The cached wisdom for making such high-stakes predictions is to have experts gather as much evidence as possible, weigh this evidence, and make a judgment. But 60 years of research has shown that in hundreds of cases, a simple formula called a statistical prediction rule (SPR) makes better predictions than leading experts do. Or, more exactly:
When based on the same evidence, the predictions of SPRs are at least as reliable as, and are typically more reliable than, the predictions of human experts for problems of social prediction.1
For example, one SPR developed in 1995 predicts the price of mature Bordeaux red wines at auction better than expert wine tasters do. Reaction from the wine-tasting industry to such wine-predicting SPRs has been "somewhere between violent and hysterical."
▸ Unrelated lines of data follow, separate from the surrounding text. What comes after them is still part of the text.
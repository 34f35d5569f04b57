//! What the frames of a stream brought.
ghost use Rattle.std.specs.Prelude.{◌≡◌, ℕ, List, [], ◌∷◌, ◌++◌, option_to_list, OnOk};
ghost use Rattle.dnp_link.specs.Frame.{FrameContent};
ghost use Rattle.dnp_link.specs.FrameContent.{content};
ghost use Rattle.dnp_link.specs.Stream.{reading};
ghost use Rattle.dnp_receive.specs.Delivery.{frames_of};

use crate::receiver::{Received, Receiver};
use dnp_link::{Frame, LinkEvent, LinkFeed};
use gw_model::Memory;
use std::alloc::Global;

/// A receiver, and all that it gave.
#[derive(Drop)]
pub struct Gathering {
    receiver: Receiver,
    pub replies: Vec<[u8; 10]>,
    pub fragments: Vec<Vec<u8>>,
}

impl Gathering {
    ghost use Rattle.dnp_receive.specs.Gathering.{HasGathered};

    /// Nothing came yet.
    pub fn new(alloc: Global, own: u16, peer: u16) -> Gathering
        ensures { HasGathered own peer [] result }
    {
        Gathering {
            receiver: Receiver::new(alloc, own, peer),
            replies: Vec::new(alloc),
            fragments: Vec::new(alloc),
        }
    }

    /// Takes the events that a feed shows.
    pub fn drain(&mut self, feed: &mut LinkFeed) -> Result<(), Memory>
        ensures gathered { (own peer : ℕ) (before : List FrameContent) → HasGathered own peer before self.old
            → OnOk result (HasGathered own peer (before ++ frames_of (reading feed.old).events) self.new) }
        ensures rest { OnOk result (feed.new ≡ (reading feed.old).rest) }
    {
        while let Some(event) = &feed.next() {
            if let LinkEvent::Frame(frame) = event {
                self.take(frame)?;
            }
        }
        Ok(())
    }

    /// Takes a frame, and keeps what it brings.
    fn take(&mut self, frame: &Frame) -> Result<(), Memory>
        ensures { (own peer : ℕ) (before : List FrameContent) → HasGathered own peer before self.old
            → OnOk result (HasGathered own peer (before ++ content frame.now ∷ []) self.new) }
    {
        let Received { reply, fragment } = self.receiver.take(frame)?;
        add(&mut self.replies, reply)?;
        add(&mut self.fragments, fragment)
    }
}

/// Adds an item, if there is one.
fn add<T: Drop>(list: &mut Vec<T>, item: Option<T>) -> Result<(), Memory>
    ensures { OnOk result (list.new.items ≡ list.old.items ++ option_to_list item) }
{
    if let Some(item) = item {
        list.push(item)?;
    }
    Ok(())
}
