//! The path of an outstation's octets through the layers of DNP3 (IEEE Std 1815-2012): frames of the data link
//! layer, fragments of the transport function, and responses of the application layer.
#![tactic(auto)]

mod delivery;
pub mod examples;
mod gathering;
pub mod laws;
mod receiver;

pub use delivery::{fragments_of, replies_of, responses_of};
pub use receiver::{Received, Receiver};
How does the SPR work? This particular SPR is called a proper linear model, which has the form:
P = w1(c1) + w2(c2) + w3(c3) + ...wn(cn)
The model calculates the summed result P, which aims to predict a target property such as wine price, on the basis of a series of cues. Above, cn is the value of the nth cue, and wn is the weight assigned to the nth cue.2
In the wine-predicting SPR, c1 reflects the age of the vintage, and other cues reflect relevant climatic features where the grapes were grown. The weights for the cues were assigned on the basis of a comparison of these cues to a large set of data on past market prices for mature Bordeaux wines.3
There are other ways to construct SPRs, but rather than survey these details, I will instead survey the incredible success of SPRs.
- Howard and Dawes (1976) found they can reliably predict marital happiness with one of the simplest SPRs ever conceived, using only two cues: P = [rate of lovemaking] - [rate of fighting]. The reliability of this SPR was confirmed by Edwards & Edwards (1977) and by Thornton (1979).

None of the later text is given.